Diese drei Mädels finden auf ungewöhnliche Weise zusammen, aber was sie daraus machen, zeigt etwas von Größe, wo sich jeder eine Scheibe von Abschneiden könnte. Auf ihren Weg wird nämlich schnell klar, dass das liebe Internet so eine eigene Welt ist, nämlich die des schnellen bösen Wortes. Dort hängt man sich schnell an Bösartigkeit und merkt nicht, wie schnell man einen Menschen verletzen kann. In der Realität sieht das nämlich anders aus, die Leute finden nämlich unsere drei Würstchen gar nicht hässlich und diese Gegensätzigkeit arbeitet die Autorin unheimlich gut ein. Man kann sich einfach in diese drei Köpfe rein fühlen und erkennt, in jeder, etwas von sich selbst wieder. Als Teenager hadert man doch gern mit sich, findet dies und das grässlich an sich selbst, und wenn noch eine Horde Halbwüchsiger unreifer Bübchen darauf zeigt, möchte man in Boden versinken. Diese Geschichte macht aber einfach Mut, ist ehrlich und beflügelt einem Selbst beim Lesen. Warum nur gab es solch ein Buch nicht zu meiner Schulzeit und solch eine Mireille, hätte ich gern als Freundin gehabt.

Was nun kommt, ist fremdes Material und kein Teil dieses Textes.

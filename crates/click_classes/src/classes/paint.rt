//! The classes that set or read the paint of packets: Paint and PaintTee.

ghost use Rattle.std.specs.Prelude.{◌≡◌, ◌==◌, if◌then◌else◌};
ghost use Rattle.click_classes.specs.Made.{paint, paint_tee};

use crate::arguments::Arguments;
use crate::fault::ArgFault;
use crate::packet_effects::Verdict;
use crate::state::State;
use click_packet::Packet;

/// `Paint(COLOUR)` sets the paint of packets.
///
/// - Arguments: COLOUR, a number from 0 to 255.
/// - Ports: one agnostic input, one agnostic output.
/// - The paint of the packet becomes COLOUR.
/// - Handlers: none.
///
/// ```click
/// FromDevice(a) -> Paint(3) -> Discard;
/// ```
///
/// ```calls
/// FromDevice(a) -> Paint(3) -> Queue -> ToDevice(x);
/// FromDevice(b) -> Paint(3) -> Paint(255) -> Queue -> ToDevice(y);
/// > arrive a 61
/// entered 1
/// > transmit x
/// sent 61 3 0.0.0.0
/// > arrive b 61
/// entered 1
/// > transmit y
/// sent 61 255 0.0.0.0
/// ```
#[tactic(auto, unfolding(crate::specs::Made::paint))]
pub fn make_paint(arguments: &Arguments) -> Result<State, ArgFault>
    ensures { result ≡ paint arguments.now }
{
    let colour = arguments.only_number(255)?;
    Ok(State::Paint {
        colour: colour as u8,
    })
}

/// `PaintTee(COLOUR)` copies the packets that have one paint.
///
/// - Arguments: COLOUR, a number from 0 to 255.
/// - Ports: one agnostic input; one agnostic output, and optionally a push output 1.
/// - Packets pass. If the paint of a packet is COLOUR and output 1 is connected, a copy goes there.
///   The copy goes after a pushed packet, and before a pulled one.
/// - Handlers: none.
///
/// ```click
/// FromDevice(a) -> t :: PaintTee(3) -> Discard; t [1] -> Discard;
/// ```
///
/// ```calls
/// FromDevice(a) -> Paint(3) -> t :: PaintTee(3) -> q :: Queue -> ToDevice(x); FromDevice(b) -> t;
/// t [1] -> Strip(1) -> q; FromDevice(c) -> Paint(3) -> Queue -> u :: PaintTee(3) -> ToDevice(y);
/// u [1] -> d :: Counter -> Discard;
/// FromDevice(e) -> Paint(3) -> PaintTee(3) -> Queue -> ToDevice(z);
/// > arrive a 6162
/// entered 1
/// > transmit x
/// sent 6162 3 0.0.0.0
/// > transmit x
/// sent 62 3 0.0.0.0
/// > arrive b 6162
/// entered 1
/// > transmit x
/// sent 6162 0 0.0.0.0
/// > transmit x
/// sent none
/// > arrive c 61
/// entered 1
/// > read d.count
/// value 30
/// > transmit y
/// sent 61 3 0.0.0.0
/// > read d.count
/// value 31
/// > arrive e 61
/// entered 1
/// > transmit z
/// sent 61 3 0.0.0.0
/// ```
#[tactic(auto, unfolding(crate::specs::Made::paint_tee))]
pub fn make_paint_tee(arguments: &Arguments) -> Result<State, ArgFault>
    ensures { result ≡ paint_tee arguments.now }
{
    let colour = arguments.only_number(255)?;
    Ok(State::PaintTee {
        colour: colour as u8,
    })
}

/// Returns where a packet goes after a PaintTee: with a copy if its paint is `colour`.
pub fn paint_tee_verdict(colour: u8, packet: &Packet) -> Verdict
    ensures { result ≡ (if packet.now.paint == colour then Verdict.Copied else Verdict.Forward) }
{
    if packet.paint() == colour {
        Verdict::Copied
    } else {
        Verdict::Forward
    }
}
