//! The class that sorts packets by their bytes: Classifier.

ghost use Rattle.click_classes.specs.Made.{classifier, ByWords};
ghost use Rattle.click_classes.specs.Patterns.{pattern};
ghost use Rattle.click_classes.specs.Steps.{each, OrNoMemory};
ghost use Rattle.click_classes.specs.kept.Answers.{IsOrNoMemory};
ghost use Rattle.std.specs.Prelude.{◌≡◌, ◌<◌, IfSome};
ghost use Rattle.click_classes.specs.Acts.{classified};

use crate::arguments::Arguments;
use crate::fault::ArgFault;
use crate::patterns::Patterns;
use crate::state::State;
use crate::values::pattern::{Pattern, read_pattern};
use click_base::sequence::Sequence;
use click_packet::Packet;
use std::alloc::Global;

/// Returns the pattern of each argument. Each argument is given by its words.
pub fn patterns(
    alloc: Global,
    arguments: &[Sequence<Sequence<u8>>],
) -> Result<Sequence<Pattern>, ArgFault>
    ensures { IsOrNoMemory (each pattern arguments.now) result }
{
    let mut list = Sequence::new(alloc);
    for words in arguments {
        let pattern = read_pattern(alloc, words.as_slice())?;
        list.push(pattern)?;
    }
    Ok(list)
}

/// `Classifier(PATTERN, ..)` sorts packets by their bytes.
///
/// - Arguments: 1 to 256 patterns. A pattern is `-`, which every packet matches, or clauses with
///   white space between them, all of which have to hold. A clause is `[!]OFFSET/DIGITS[%MASK]`.
///   OFFSET is a number from 0 to 1,599 in decimal digits. DIGITS is an even number of hexadecimal
///   digits or `?`, from 2 to 128. MASK is as many hexadecimal digits. The clause holds if the
///   packet has these bytes, from OFFSET on, and they agree with DIGITS. Bits that are not set in
///   MASK, or are under a `?`, are ignored. With `!` the clause holds if this is not so.
/// - Ports: one push input; one push output for each pattern.
/// - A packet goes to the output of the first pattern that it matches. If it matches none, it is
///   dropped.
/// - Handlers: none.
///
/// ```click
/// FromDevice(a) -> k :: Classifier(12/0800, -); k -> Discard; k [1] -> Discard;
/// ```
///
/// ```calls
/// FromDevice(a) -> k :: Classifier(12/0800, !12/08??, 12/0?06%0f0f); k -> Queue -> ToDevice(x);
/// k [1] -> Queue -> ToDevice(y); k [2] -> Queue -> ToDevice(z);
/// > poll a 0000000000000000000000000800,00000000000000000000000086dd,0000000000000000000000000806
/// entered 3
/// > poll a 0000000000000000000000000896,0000000000000000000000000807,00000000000000000000000008
/// entered 3
/// > transmit x
/// sent 0000000000000000000000000800 0 0.0.0.0
/// > transmit x
/// sent none
/// > transmit y
/// sent 00000000000000000000000086dd 0 0.0.0.0
/// > transmit y
/// sent 00000000000000000000000008 0 0.0.0.0
/// > transmit y
/// sent none
/// > transmit z
/// sent 0000000000000000000000000806 0 0.0.0.0
/// > transmit z
/// sent 0000000000000000000000000896 0 0.0.0.0
/// > transmit z
/// sent none
/// ```
#[tactic(auto, unfolding(crate::specs::Made::classifier))]
pub fn make_classifier(alloc: Global, arguments: &Arguments) -> Result<State, ArgFault>
    ensures { OrNoMemory (ByWords 1 256 classifier arguments.now) result }
{
    if !arguments.are(1, 256) {
        return Err(ArgFault::ArgumentCount);
    }
    let words = arguments.words(alloc)?;
    let written = patterns(alloc, words.as_slice())?;
    let patterns = Patterns::of(alloc, written)?;
    Ok(State::Classifier { patterns })
}

/// Returns the output of the first pattern that the packet matches, among at most 256 patterns.
pub fn classify(patterns: &Patterns, packet: &Packet) -> Option<usize>
    ensures output { result ≡ classified patterns.now packet.now.bytes }
    ensures bound { IfSome result (λ output. output < 256) }
{
    patterns.first_match(packet.bytes())
}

Clémentine Beauvais hat ein unglaubliches Fingerspitzengefühl und einen unbestechlich guten Humor, um solch eine Geschichte zu schreiben und solch schwierige Themen aufzugreifen. Man geht voll rein, radelt mit und steht am Ende im Garten und denkt sich, nun mach schon, und wird überrascht. Unsere drei Mädels machen nämlich eine unglaubliche Entwicklung mit und werden erwachsen. Aber mehr verrate ich nicht, denn dieses Buch hat noch so viel mehr zu bieten und ich will einfach nicht mehr verraten. Aber ihr müsst es lesen, unbedingt. BITTE!!! IHR MÜSST ES LESEN!

Die Königinnen der Würstchen ist mehr als ein Kampf gegen die Unverschämtheit des Internets. Nämlich eine Reise zu wahrer Größe und diese kann ganz klein anfangen. Herrlich chaotisch, spritzig, herzerwärmend, mitreißend, frech und einfühlsam.